Action item:
From the line with "filename crates/wiki_layout/src/lib.rt" through the line with "and key has", inclusive, return each line of the data below exactly and leave the rest out.

[Start of section]

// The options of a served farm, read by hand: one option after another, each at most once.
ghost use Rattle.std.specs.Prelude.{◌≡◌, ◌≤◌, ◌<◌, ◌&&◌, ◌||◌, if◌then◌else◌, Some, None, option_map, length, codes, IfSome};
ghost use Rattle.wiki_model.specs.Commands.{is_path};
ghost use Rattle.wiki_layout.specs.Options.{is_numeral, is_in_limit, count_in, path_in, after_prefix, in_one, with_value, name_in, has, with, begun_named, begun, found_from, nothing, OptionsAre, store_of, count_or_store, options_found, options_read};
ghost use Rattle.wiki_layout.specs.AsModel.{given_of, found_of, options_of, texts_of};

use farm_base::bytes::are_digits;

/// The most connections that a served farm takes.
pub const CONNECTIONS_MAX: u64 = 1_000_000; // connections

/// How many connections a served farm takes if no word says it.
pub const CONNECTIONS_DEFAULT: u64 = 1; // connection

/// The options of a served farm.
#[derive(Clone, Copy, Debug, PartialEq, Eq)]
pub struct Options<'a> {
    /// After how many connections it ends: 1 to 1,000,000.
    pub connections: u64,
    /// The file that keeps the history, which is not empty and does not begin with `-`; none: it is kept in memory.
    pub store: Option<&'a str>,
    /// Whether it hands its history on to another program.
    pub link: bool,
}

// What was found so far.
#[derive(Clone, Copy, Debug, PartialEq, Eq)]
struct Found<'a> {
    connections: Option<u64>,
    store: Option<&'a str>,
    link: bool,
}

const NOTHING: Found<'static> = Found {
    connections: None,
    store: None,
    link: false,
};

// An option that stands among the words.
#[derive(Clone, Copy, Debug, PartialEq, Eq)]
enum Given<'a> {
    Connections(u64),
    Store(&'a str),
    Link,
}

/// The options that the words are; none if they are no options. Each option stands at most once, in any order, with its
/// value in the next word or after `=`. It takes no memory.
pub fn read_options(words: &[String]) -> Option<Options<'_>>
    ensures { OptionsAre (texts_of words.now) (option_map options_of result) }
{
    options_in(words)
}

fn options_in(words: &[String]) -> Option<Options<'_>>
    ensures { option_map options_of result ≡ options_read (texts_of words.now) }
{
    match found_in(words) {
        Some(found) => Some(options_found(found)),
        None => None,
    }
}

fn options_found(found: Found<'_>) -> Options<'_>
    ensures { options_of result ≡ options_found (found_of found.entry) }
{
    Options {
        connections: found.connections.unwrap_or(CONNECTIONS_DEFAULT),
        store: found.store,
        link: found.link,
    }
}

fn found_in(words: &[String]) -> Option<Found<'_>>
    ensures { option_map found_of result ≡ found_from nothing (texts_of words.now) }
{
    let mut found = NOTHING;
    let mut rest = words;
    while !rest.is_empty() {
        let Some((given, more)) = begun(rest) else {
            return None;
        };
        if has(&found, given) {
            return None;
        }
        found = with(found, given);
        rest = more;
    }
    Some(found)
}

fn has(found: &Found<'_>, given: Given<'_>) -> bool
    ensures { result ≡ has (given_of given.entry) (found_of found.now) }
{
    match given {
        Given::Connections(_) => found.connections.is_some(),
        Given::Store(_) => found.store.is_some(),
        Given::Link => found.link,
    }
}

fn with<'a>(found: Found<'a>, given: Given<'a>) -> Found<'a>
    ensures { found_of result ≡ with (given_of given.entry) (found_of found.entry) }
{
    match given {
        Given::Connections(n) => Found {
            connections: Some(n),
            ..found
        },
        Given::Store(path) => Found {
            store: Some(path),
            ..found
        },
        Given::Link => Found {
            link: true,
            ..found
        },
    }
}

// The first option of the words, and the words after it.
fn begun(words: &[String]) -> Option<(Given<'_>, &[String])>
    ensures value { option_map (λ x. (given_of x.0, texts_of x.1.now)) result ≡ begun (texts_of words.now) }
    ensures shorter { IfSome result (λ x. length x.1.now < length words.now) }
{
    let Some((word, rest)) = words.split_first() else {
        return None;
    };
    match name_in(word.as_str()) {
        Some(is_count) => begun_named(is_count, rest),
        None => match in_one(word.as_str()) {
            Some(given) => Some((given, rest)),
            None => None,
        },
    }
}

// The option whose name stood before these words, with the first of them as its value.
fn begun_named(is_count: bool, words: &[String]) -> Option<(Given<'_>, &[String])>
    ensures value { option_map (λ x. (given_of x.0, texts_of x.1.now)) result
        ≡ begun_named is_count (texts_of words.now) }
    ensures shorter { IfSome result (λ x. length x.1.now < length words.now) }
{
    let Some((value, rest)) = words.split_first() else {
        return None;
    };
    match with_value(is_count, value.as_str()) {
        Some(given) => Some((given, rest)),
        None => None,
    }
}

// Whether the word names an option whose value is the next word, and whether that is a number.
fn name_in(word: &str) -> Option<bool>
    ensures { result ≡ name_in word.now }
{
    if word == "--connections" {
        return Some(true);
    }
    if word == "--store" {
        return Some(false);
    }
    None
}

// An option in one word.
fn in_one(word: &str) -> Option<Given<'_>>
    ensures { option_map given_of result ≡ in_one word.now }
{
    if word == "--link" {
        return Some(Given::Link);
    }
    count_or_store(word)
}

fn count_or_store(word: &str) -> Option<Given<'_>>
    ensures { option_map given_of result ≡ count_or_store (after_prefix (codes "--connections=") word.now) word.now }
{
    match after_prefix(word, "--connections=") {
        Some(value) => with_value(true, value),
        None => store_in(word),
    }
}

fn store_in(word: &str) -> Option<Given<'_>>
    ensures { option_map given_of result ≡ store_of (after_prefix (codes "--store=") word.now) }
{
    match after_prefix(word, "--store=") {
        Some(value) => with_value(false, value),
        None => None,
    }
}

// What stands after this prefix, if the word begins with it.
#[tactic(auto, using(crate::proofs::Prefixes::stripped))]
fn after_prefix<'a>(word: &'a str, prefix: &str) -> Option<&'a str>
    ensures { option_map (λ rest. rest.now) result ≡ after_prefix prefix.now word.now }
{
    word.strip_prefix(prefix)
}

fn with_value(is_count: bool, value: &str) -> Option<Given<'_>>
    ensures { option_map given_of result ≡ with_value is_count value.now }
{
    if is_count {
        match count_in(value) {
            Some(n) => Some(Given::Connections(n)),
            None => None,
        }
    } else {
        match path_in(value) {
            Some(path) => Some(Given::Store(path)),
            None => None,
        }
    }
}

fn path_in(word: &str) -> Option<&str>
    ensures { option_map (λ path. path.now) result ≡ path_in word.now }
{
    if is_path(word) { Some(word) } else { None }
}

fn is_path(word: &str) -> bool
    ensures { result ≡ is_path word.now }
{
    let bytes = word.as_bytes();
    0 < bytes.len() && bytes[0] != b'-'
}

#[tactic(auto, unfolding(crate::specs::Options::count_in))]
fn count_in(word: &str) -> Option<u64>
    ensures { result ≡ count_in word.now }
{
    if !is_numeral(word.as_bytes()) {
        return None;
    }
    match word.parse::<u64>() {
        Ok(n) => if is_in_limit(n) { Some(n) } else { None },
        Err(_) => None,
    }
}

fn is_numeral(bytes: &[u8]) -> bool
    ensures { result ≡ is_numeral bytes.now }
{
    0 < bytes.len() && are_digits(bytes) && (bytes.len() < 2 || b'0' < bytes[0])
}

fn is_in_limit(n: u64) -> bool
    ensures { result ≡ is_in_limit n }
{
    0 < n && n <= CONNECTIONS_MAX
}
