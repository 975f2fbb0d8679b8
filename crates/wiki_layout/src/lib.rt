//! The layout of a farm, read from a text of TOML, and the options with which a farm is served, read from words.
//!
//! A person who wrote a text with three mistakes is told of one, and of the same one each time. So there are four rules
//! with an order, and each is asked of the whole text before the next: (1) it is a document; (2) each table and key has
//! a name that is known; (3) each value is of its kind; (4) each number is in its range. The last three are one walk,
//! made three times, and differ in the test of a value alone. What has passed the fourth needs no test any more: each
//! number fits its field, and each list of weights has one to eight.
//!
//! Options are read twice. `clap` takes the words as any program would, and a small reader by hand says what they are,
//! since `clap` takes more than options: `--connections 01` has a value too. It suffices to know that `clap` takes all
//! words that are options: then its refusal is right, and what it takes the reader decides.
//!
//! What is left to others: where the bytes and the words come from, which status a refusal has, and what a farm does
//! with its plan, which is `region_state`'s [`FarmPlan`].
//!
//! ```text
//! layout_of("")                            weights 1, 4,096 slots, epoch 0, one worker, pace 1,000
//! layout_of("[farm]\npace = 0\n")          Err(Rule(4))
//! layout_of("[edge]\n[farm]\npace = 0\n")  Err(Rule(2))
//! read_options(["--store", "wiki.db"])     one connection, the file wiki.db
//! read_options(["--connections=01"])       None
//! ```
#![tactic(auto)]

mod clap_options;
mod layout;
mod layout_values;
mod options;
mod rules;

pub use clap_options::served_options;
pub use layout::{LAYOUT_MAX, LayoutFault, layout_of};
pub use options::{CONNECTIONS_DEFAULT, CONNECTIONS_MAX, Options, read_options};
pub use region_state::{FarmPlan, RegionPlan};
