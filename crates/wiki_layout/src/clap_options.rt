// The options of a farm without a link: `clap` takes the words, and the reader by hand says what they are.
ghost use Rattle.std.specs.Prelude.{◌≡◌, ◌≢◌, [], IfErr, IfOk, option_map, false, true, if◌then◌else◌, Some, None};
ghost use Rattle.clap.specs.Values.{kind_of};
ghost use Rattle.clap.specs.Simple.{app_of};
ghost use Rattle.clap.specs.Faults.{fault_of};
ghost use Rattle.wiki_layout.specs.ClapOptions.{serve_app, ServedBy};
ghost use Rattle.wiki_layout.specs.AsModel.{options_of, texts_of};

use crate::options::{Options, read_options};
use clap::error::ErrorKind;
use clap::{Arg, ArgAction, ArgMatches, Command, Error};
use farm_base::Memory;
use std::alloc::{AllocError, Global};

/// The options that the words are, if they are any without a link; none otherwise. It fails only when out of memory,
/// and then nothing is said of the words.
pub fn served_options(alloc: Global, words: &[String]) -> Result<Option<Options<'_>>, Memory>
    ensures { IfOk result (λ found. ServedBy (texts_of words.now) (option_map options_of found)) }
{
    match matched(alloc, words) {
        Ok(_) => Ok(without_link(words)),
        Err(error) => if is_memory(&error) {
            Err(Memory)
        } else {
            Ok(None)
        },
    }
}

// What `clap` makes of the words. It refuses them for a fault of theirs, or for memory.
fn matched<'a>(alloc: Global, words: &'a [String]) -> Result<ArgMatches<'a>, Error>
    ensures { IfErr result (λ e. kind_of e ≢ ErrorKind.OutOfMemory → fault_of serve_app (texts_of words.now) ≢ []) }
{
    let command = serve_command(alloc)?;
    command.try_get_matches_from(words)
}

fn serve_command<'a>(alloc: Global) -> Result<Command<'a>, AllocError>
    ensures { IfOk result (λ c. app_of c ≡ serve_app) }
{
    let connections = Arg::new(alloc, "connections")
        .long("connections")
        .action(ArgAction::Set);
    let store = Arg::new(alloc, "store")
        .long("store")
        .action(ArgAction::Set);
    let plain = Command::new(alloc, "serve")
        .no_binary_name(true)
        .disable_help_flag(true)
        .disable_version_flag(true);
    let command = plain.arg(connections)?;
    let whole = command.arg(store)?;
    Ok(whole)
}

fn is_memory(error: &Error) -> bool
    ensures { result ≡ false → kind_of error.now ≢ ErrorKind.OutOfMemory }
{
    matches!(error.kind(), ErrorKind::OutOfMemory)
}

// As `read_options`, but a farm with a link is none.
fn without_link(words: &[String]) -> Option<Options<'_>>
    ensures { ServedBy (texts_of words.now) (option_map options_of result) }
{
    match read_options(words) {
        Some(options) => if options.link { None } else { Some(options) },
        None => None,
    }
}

[End of section]

Answer for this exercise:
filename crates/wiki_layout/src/lib.rt
//! The layout of a farm, read from a text of TOML, and the options with which a farm is served, read from words.
//!
//! A person who wrote a text with three mistakes is told of one, and of the same one each time. So there are four rules
//! with an order, and each is asked of the whole text before the next: (1) it is a document; (2) each table and key has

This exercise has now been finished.